On the way back, I asked, “Want to report the shooting to Pederson?”

“And catch hell for playing cops without badges or a warrant?” He sighed. “Guess we better. Jon won’t like this. He didn’t take care of the kids so we could go break laws.”

“Yeah. Say, why don’t you drop me off at home? I ought to feed Marlowe, and-”

“Sure. Right after we talk to Jon.” He considered. “No. I’ll wait for you while you feed him now. Nate, I’d really appreciate it if you’d sack out on the couch at my house tonight. Bring your gun.”

It made sense. “Uh, yeah. Roy, while you talk to Jon, can I make a phone call?”

He grinned then. “Okay, coward. But after you talk to that woman nobody’s supposed to know about, you can come in and catch hell like a man.”

I ran a stop sign, unintentionally for once. “Damn it, is everyone on my private life? I suppose the kids told you while I was in the kitchen.”

He leaned back and hitched at his belt. “If you can’t fool visitors, you couldn’t fool your partner.”

“Yeah?” It wasn’t much of a crack, but it was all I had left.

The next morning I opened my eyes and found a pair of cool blue eyes, framed by blond bangs, not more than six inches from my face. I closed my eyes and tried to think. Wasn’t the hair sandier?

Then I remembered where I was and that only made it more confusing. I opened my eyes again and, after a few tries, focussed on the face around the eyes. I pulled the blanket up over my chest, feeling embarrassed and then silly about it.

“Oh! H’lo, Amy.” She was standing beside the sofa. “Sleep well?” She nodded.

I hadn’t. This house had more creaking boards and rattling windows than the House of Usher. “Had breakfast yet?” She shook her head. “What’s the matter, don’t you talk in the morning?”

She straightened her flannel nightgown and folded her arms self-assuredly. “I’m waiting till the others get up,” she said.

Great! I was guilty again. Ah, life as a hardened criminal! I went into the bathroom, brushed my teeth and changed my pajama bottoms for trousers.

I was throwing cold water on my face when I heard a whoop from Howie and a shriek from Paul. I tottered out and collided with Cartley, striding out in his bathrobe to collect the evidence and punish the wicked. He was boiling mad. He looked like a walking bathrobe with a ham roast in it.

In the living room, Amy was standing demurely by the front door while Paul tugged at it. She ran a hand over her blond hair to make sure she looked tidy and grown-up, then turned to Roy. “We caught Nathan. He’s trying to keep us shut in the house, isn’t he?”

Roy laughed, tried to unlock the door, then stopped laughing and threw his weight against it. It didn’t budge.

I was in the kitchen before he hit it a second time.
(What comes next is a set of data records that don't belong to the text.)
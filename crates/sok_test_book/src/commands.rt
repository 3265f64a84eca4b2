//! Commands one after another, each on the book that the last one left.

use crate::answering::{Command, Row, answer, empty_book, first_other};
use sok_book::fault::BookFault;
use sok_engine::fault::ToolFault;
use sok_rules::fault::PlayFault;
use sok_sketch::sketch::{BOX_BEYOND_THE_GOAL, PAIR_THAT_IS_LOST, ROOM_OF_TWO_ROWS, SOLVED};
use sok_store::book::Book;
use sok_text::lurd::LurdFault;
use sqlite::MemStore;
use std::alloc::Global;
use std::process::Abort;
use std::test::Fail;

/// A certificate that the room can't be solved with fewer than two pushes.
pub(crate) const TWO_PUSHES: &str = "sokoban-certificate 1\npushes 2\nb 0 6 1 5 2 0\nend\n";

const NO_PUSHES: &str = "sokoban-certificate 1\npushes 0\ns 0 0 1 2\nend\n";

const NO_SOLUTION: &str = "sokoban-certificate 1\nunsolvable\nc 0 0 1 2 1 0\nend\n";

/// Two of the three boxes are lost, taken alone.
const LOST_PAIR: &str = "\
sokoban-certificate 2
unsolvable
p 0 9 3 7 10 12 2 1 2 2
x 0 9 2 10 12
f 1 10 2 11 12 2 0 1
end
";

/// A room is added, solved and proved.
const ROOM: [Row; 15] = [
    (Command::Add(ROOM_OF_TWO_ROWS), "1 id 1\n", Ok(0)),
    (Command::Add(ROOM_OF_TWO_ROWS), "1 id 1\n", Ok(0)),
    (
        Command::Add("#####\n#@$.\n#####\n"),
        "1 fault 6 NotEnclosed 1 3\n",
        Ok(0),
    ),
    (
        Command::Prove(1, TWO_PUSHES),
        "",
        Err(ToolFault::Book(BookFault::NoBest)),
    ),
    (
        Command::Offer(1, "rlulldRurrdLulldRR"),
        "stored 4 18\n",
        Ok(0),
    ),
    (
        Command::Prove(1, TWO_PUSHES),
        "",
        Err(ToolFault::Book(BookFault::ClaimDiffers)),
    ),
    (Command::Offer(1, "ulldRurrdLulldRR"), "kept 4 18\n", Ok(1)),
    (
        Command::Offer(1, "ulld"),
        "",
        Err(ToolFault::Book(BookFault::NotSolved)),
    ),
    (Command::Offer(1, "ulldRR"), "stored 2 6\n", Ok(0)),
    (Command::Prove(1, TWO_PUSHES), "proved optimal 2\n", Ok(0)),
    (Command::Offer(1, "ulldRR"), "kept 2 6\n", Ok(1)),
    (
        Command::Show(1),
        "######\n#    #\n# $@.#\n######\nbest 2 6 ulldRR\nverdict optimal\n",
        Ok(0),
    ),
    (
        Command::Offer(2, "ulldRR"),
        "",
        Err(ToolFault::Book(BookFault::NoLevel)),
    ),
    (Command::Export, "######\n#    #\n# $@.#\n######\n\n", Ok(0)),
    (
        Command::Solutions,
        "######\n#    #\n# $@.#\n######\nSolution: ulldRR\nPushes: 2 optimal\n\n",
        Ok(0),
    ),
];

#[test]
fn a_room_is_added_solved_and_proved(rt: HostRuntime) -> Result<(), Fail> {
    assert_eq!(rt; first_other(rt.alloc(), &ROOM)?, None);
    Ok(())
}

/// Lines that are stored, kept, skipped or refused. The last one has no line end.
const LINES: &str = "\
1 rlulldRurrdLulldRR
1 ulldRurrdLulldRR\r

 \t
2 ulldRR
1 ulld
1 ul?d
1 uu
one ulldRR
4294967295 R
4294967296 R
1\tU2ld 2R
 1 ulldRR
1";

/// What is written for these lines.
const TOLD: &str = "\
1 stored 4 18
1 kept 4 18
2 fault 30 NoLevel
1 fault 13 NotSolved
1 fault 11 BadLetter 2
1 fault 12 Blocked 1
0 fault 30 NoLevel
4294967295 fault 30 NoLevel
0 fault 30 NoLevel
1 stored 2 6
0 fault 11 BadLetter 1
1 fault 13 NotSolved
";

#[test]
fn lines_of_offers_are_answered_one_by_one(rt: HostRuntime) -> Result<(), Fail> {
    let rows = &[
        (Command::Offers("1 R\n"), "1 fault 30 NoLevel\n", Ok(3)),
        (Command::Add(ROOM_OF_TWO_ROWS), "1 id 1\n", Ok(0)),
        (Command::Offers(LINES), TOLD, Ok(3)),
        (Command::Offers("001 ulldRR\n\n"), "1 kept 2 6\n", Ok(0)),
        (Command::Offers(""), "", Ok(0)),
    ];
    assert_eq!(rt; first_other(rt.alloc(), rows)?, None);
    Ok(())
}

#[test]
fn levels_without_a_push_and_a_lost_pair_are_proved(rt: HostRuntime) -> Result<(), Fail> {
    let rows = &[
        (Command::Add(SOLVED), "1 id 1\n", Ok(0)),
        (Command::Add(BOX_BEYOND_THE_GOAL), "1 id 2\n", Ok(0)),
        (Command::Offer(1, ""), "stored 0 0\n", Ok(0)),
        (
            Command::Show(1),
            "#####\n#@ *#\n#####\nbest 0 0 \nverdict untested\n",
            Ok(0),
        ),
        (Command::Prove(1, NO_PUSHES), "proved optimal 0\n", Ok(0)),
        (
            Command::Prove(1, NO_SOLUTION),
            "",
            Err(ToolFault::Book(BookFault::ClaimDiffers)),
        ),
        (Command::Prove(2, NO_SOLUTION), "proved unsolvable\n", Ok(0)),
        (
            Command::Offer(2, "r"),
            "",
            Err(ToolFault::Book(BookFault::NotSolved)),
        ),
        (Command::Prove(2, NO_SOLUTION), "proved unsolvable\n", Ok(0)),
        (
            Command::Show(2),
            "#####\n#@.$#\n#####\nbest none\nverdict unsolvable\n",
            Ok(0),
        ),
        (Command::Add(PAIR_THAT_IS_LOST), "1 id 3\n", Ok(0)),
        (Command::Prove(3, LOST_PAIR), "proved unsolvable\n", Ok(0)),
        (
            Command::Overview,
            "1 3 5 1 0 0 optimal\n2 3 5 1 - - unsolvable\n3 5 12 3 - - unsolvable\n",
            Ok(0),
        ),
        (
            Command::Solutions,
            "#####\n#@ *#\n#####\nSolution: \nPushes: 0 optimal\n\n#####\n#@.$#\n#####\nUnsolvable\n\n#######\n#     ######\n#  $ @$ $..#\n# .   ######\n#######\nUnsolvable\n\n",
            Ok(0),
        ),
    ];
    assert_eq!(rt; first_other(rt.alloc(), rows)?, None);
    Ok(())
}

#[test]
fn faults_come_in_their_order(rt: HostRuntime) -> Result<(), Fail> {
    let rows = &[
        (Command::Export, "", Ok(0)),
        (Command::Overview, "", Ok(0)),
        (
            Command::Show(1),
            "",
            Err(ToolFault::Book(BookFault::NoLevel)),
        ),
        (
            Command::Show(-1),
            "",
            Err(ToolFault::Book(BookFault::NoLevel)),
        ),
        // a faulty level between others, one with a title
        (
            Command::Add(
                "; A \n#####\n#@$.#\n#####\n\n#####\n#$ .#\n#####\n\n#####\n#@.$#\n#####\n",
            ),
            "1 id 1\n2 fault 3 NoPlayer\n3 id 2\n",
            Ok(0),
        ),
        // a level that is in the book keeps its title
        (
            Command::Add("; B\n#####\n#@$.#\n#####\n"),
            "1 id 1\n",
            Ok(0),
        ),
        (
            Command::Offer(9, "x"),
            "",
            Err(ToolFault::Lurd(LurdFault::BadLetter(0))),
        ),
        (
            Command::Offer(1, "rr"),
            "",
            Err(ToolFault::Book(BookFault::Letters(PlayFault::Blocked(1)))),
        ),
        (
            Command::Prove(9, ""),
            "",
            Err(ToolFault::Book(BookFault::NoLevel)),
        ),
        (Command::Prove(2, ""), "refused 20 Header\n", Ok(1)),
        (
            Command::Show(1),
            "#####\n#@$.#\n#####\ntitle A\nbest none\nverdict untested\n",
            Ok(0),
        ),
        (
            Command::Export,
            "; A\n#####\n#@$.#\n#####\n\n#####\n#@.$#\n#####\n\n",
            Ok(0),
        ),
        (
            Command::Overview,
            "1 3 5 1 - - untested A\n2 3 5 1 - - untested\n",
            Ok(0),
        ),
        // levels of which nothing is known have no notes, and notes after a level are no titles
        (
            Command::Solutions,
            "; A\n#####\n#@$.#\n#####\n\n#####\n#@.$#\n#####\n\n",
            Ok(0),
        ),
        (
            Command::Add("###\n#@#\n#$#\n#.#\n###\nSolution: D\nPushes: 1\n\n####\n#@*#\n####\n"),
            "1 id 3\n2 id 4\n",
            Ok(0),
        ),
        (
            Command::Overview,
            "1 3 5 1 - - untested A\n2 3 5 1 - - untested\n3 5 3 1 - - untested\n4 3 4 1 - - untested\n",
            Ok(0),
        ),
    ];
    assert_eq!(rt; first_other(rt.alloc(), rows)?, None);
    Ok(())
}

/// Offers a solution with an output that is too short for the answer, and then offers it again.
fn offer_twice(rt: &impl Abort, alloc: Global, book: &mut Book<MemStore>) -> Result<(), Fail> {
    let mut out = Vec::new(alloc);
    answer(alloc, book, Command::Add(ROOM_OF_TWO_ROWS), &mut out)?;
    let mut room = [0u8; 4];
    let offer = Command::Offer(1, "ulldRR");
    let offered = answer(alloc, book, offer, &mut room.as_mut_slice());
    assert_eq!(rt; offered, Err(ToolFault::WriteFailed));
    assert_eq!(rt; room.as_slice(), b"stor".as_slice());
    let again = answer(alloc, book, offer, &mut out);
    assert_eq!(rt; again, Ok(1));
    assert_eq!(rt; out.as_slice(), b"1 id 1\nkept 2 6\n".as_slice());
    Ok(())
}

/// Offers two lines with an output that is too short for the second answer, and then again.
fn offer_lines_twice(
    rt: &impl Abort,
    alloc: Global,
    book: &mut Book<MemStore>,
) -> Result<(), Fail> {
    let mut out = Vec::new(alloc);
    answer(alloc, book, Command::Add(ROOM_OF_TWO_ROWS), &mut out)?;
    let mut room = [0u8; 18];
    let offers = Command::Offers("1 rlulldRurrdLulldRR\n1 ulldRR\n");
    let offered = answer(alloc, book, offers, &mut room.as_mut_slice());
    assert_eq!(rt; offered, Err(ToolFault::WriteFailed));
    assert_eq!(rt; room.as_slice(), b"1 stored 4 18\n1 st".as_slice());
    let again = answer(alloc, book, offers, &mut out);
    assert_eq!(rt; again, Ok(0));
    assert_eq!(rt;
        out.as_slice(),
        b"1 id 1\n1 kept 2 6\n1 kept 2 6\n".as_slice()
    );
    Ok(())
}

/// Settles two levels with an output that is too short for the second line, and then again.
fn settle_twice(rt: &impl Abort, alloc: Global, book: &mut Book<MemStore>) -> Result<(), Fail> {
    let mut out = Vec::new(alloc);
    answer(alloc, book, Command::Add(BOX_BEYOND_THE_GOAL), &mut out)?;
    let mut room = [0u8; 20];
    let settle = Command::Settle(4, 1);
    let settled = answer(alloc, book, settle, &mut room.as_mut_slice());
    assert_eq!(rt; settled, Err(ToolFault::WriteFailed));
    assert_eq!(rt; room.as_slice(), b"1 optimal 2 6\n2 unso".as_slice());
    let again = answer(alloc, book, settle, &mut out);
    assert_eq!(rt; again, Ok(0));
    let shown = answer(alloc, book, Command::Overview, &mut out);
    assert_eq!(rt; shown, Ok(0));
    let told = b"1 id 2\n1 4 6 1 2 6 optimal\n2 3 5 1 - - unsolvable\n";
    assert_eq!(rt; out.as_slice(), told.as_slice());
    Ok(())
}

/// If the answer of an offer can't be written, the offer stands, and so does a verdict.
#[test]
fn a_command_stands_without_its_answer(rt: HostRuntime) -> Result<(), Fail> {
    let alloc = rt.alloc();
    let mut book = empty_book(alloc)?;
    offer_twice(&rt, alloc, &mut book)?;
    settle_twice(&rt, alloc, &mut book)
}

/// If the answer of a line of offers can't be written, the line stands.
#[test]
fn a_line_stands_without_its_answer(rt: HostRuntime) -> Result<(), Fail> {
    let alloc = rt.alloc();
    let mut book = empty_book(alloc)?;
    offer_lines_twice(&rt, alloc, &mut book)
}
I rammed the back door with my shoulder, on the dead run. It jarred my teeth, snapped my head back, but the door barely rattled. I tried again. I might as well have hit Mount Rushmore.

I ran back through the sitting room and snatched my gun from under the sofa pillow. I could hear Roy going through closets downstairs; I charged upstairs. I flipped through every wardrobe with my gun muzzle, poked under every bed, even looked in the shower stall and the clothes hamper. Amy and Paul, watching from the living room, must have loved it.